La Fed et la BCE lors de leur réunion du mois de mars ont revues leurs prévisions pour 2026. Leur scénario était plutôt celui d’un pic sur les prix de l’énergie qui ne durerait que quelques semaines. L’inflation passerait de 2,4% à 2,7% selon la Fed et de 1,9% à 2,6% pour la zone euro selon la BCE. La croissance serait affectée : de +1,2% à +0,9% pour la zone euro. La Fed revoit même à mi-mars ses perspectives 2026 pour les États-Unis à la hausse de 2,3% à 2,4%. Les dépenses militaires, les gains de productivité et un conflit supposé résolu d’ici 3 ou 4 mois justifient ses chiffres. L’indice ISM de l’activité manufacturière du mois de mars (52.7) confirme une tendance devenue positive pour l’industrie américaine depuis le début d’année. L’OCDE à la fin du mois de mars maintient sa prévision de croissance pour l’économie mondiale à +2,9% pour 2026. Pour le moment, ces institutions ne privilégient pas un scénario de stagflation. Aux niveaux actuels de leurs taux directeurs, elles ont encore la possibilité d’intervenir en soutien de l’économie et des marchés dans un contexte différent de 1973 et 2022 sous réserve que le conflit ne s’étende pas. Face à la hausse des prix, Il est probable qu’elles réagissent avec parcimonie, peut-être moins violemment que lors du resserrement monétaire de 2022. Les banques centrales avaient entamé depuis l’année dernière une politique plus accommodante avec des taux directeurs de refinancement abaissés à 3,75% aux USA et 2,15% en zone euro.
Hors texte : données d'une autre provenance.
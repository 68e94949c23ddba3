//! The last turns of two loggers, of which the first has the clock.
ghost use Rattle.std.specs.Prelude.{◌≡◌, [], IfOk};
ghost use Rattle.lane_logger.specs.Found.{new_files};
ghost use Rattle.book.specs.Parts.{IsOpenedAs, IsLedgerOf, base_of, loggers_of, terminals_of};

use crate::held::Passing;
use crate::noting::{Notes, noted};
use crate::stage::{follower, logs, parts};
use book::{Engine, Parts, Seats};
use lane_logger::LoggedRun;
use money::Refusal;
use run_threads::{Desks, run};
use std::alloc::Global;
use std::marker::Brand;
use std::sync::Wait;
use std::test::Fail;
use std::thread::Threads;

/// A run of one terminal without inputs, beside two loggers that note when they end. Answers the last D.
fn run_of<K: LoggedRun + Send + Sync, R: Threads + Wait + Sync>(
    rt: &R,
    alloc: Global,
    parts: Parts,
    passing: &Passing,
    notes: &Notes,
) -> Result<u64, Refusal>
    requires run { IsOpenedAs parts K.run }
    requires ledger { IsLedgerOf parts K.name K.parts }
    requires named { K.found ≡ new_files 2 K.run.first.scale 0 }
    requires loggers { (loggers_of parts ≡ 2) × (base_of parts ≡ 0) }
    requires terminals { terminals_of parts ≡ 1 }
{
    let (engine, seats) = Engine::<K>::open(parts);
    let Seats {
        clock,
        loggers,
        terminals,
    } = seats;
    let slots = noted(alloc, notes);
    let logs = logs(alloc, engine.population(), engine.board(), loggers, slots)?;
    let stations = follower(alloc, engine.population().scale(), passing)?;
    let desks = Desks { clock, terminals };
    let outcome = run(rt, alloc, engine, desks, logs, stations, 0)?;
    Ok(outcome.counts.durable)
}

#[test]
fn the_last_turns_make_all_epochs_durable(rt: HostRuntime) -> Result<(), Fail> {
    let (passing, notes) = (Passing::default(), Notes::default());
    let parts = parts(&rt, rt.alloc(), 2, 1)?;
    let durable = run_of::<Brand, _>(&rt, rt.alloc(), parts, &passing, &notes)?;
    // The clock is the first logger's, so E is the same as both end; and E is advanced before the take, so the mark of
    // the last takes is the epoch before.
    let epoch = durable.saturating_add(1);
    assert_eq!(rt; notes.first.read(), (0, epoch));
    assert_eq!(rt; notes.second.read(), (1, epoch));
    Ok(())
}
La hausse des cours de l’énergie se reflètera dans les indices d’inflation. Le premier chiffre publié pour le mois de mars concerne l’inflation en zone euro qui monte à 2,5%. Le niveau actuel des taux directeurs laisse une place à une éventuelle hausse modérée moins pénalisante pour les marchés financiers que celle observée durant le choc de 2022.
Et, comme nous l’avions observé en introduction, cela continue à bouger dans tous les sens puisque le 8 avril, les États-Unis décident d’opter pour un cessez-le-feu de 15 jours. En cas d’issue positive, cette voie accréditerait le scénario d’un pic passager et de perturbations du commerce mondial qui s’estomperaient avec la réouverture du détroit d’Ormuz. Le cours du pétrole s’est instantanément replié de près de 15% entraînant à la baisse les taux longs et à la hausse les indices boursiers. Mais les négociations qui vont débuter au Pakistan réserveront certainement d’autres rebondissements.
Achevé de rédaction le 8 avril 2026.
Serge Pizem, Directeur Général de SLGP et Christian Bito, professeur de finance à l’ESSEC et vice-président de SLGP.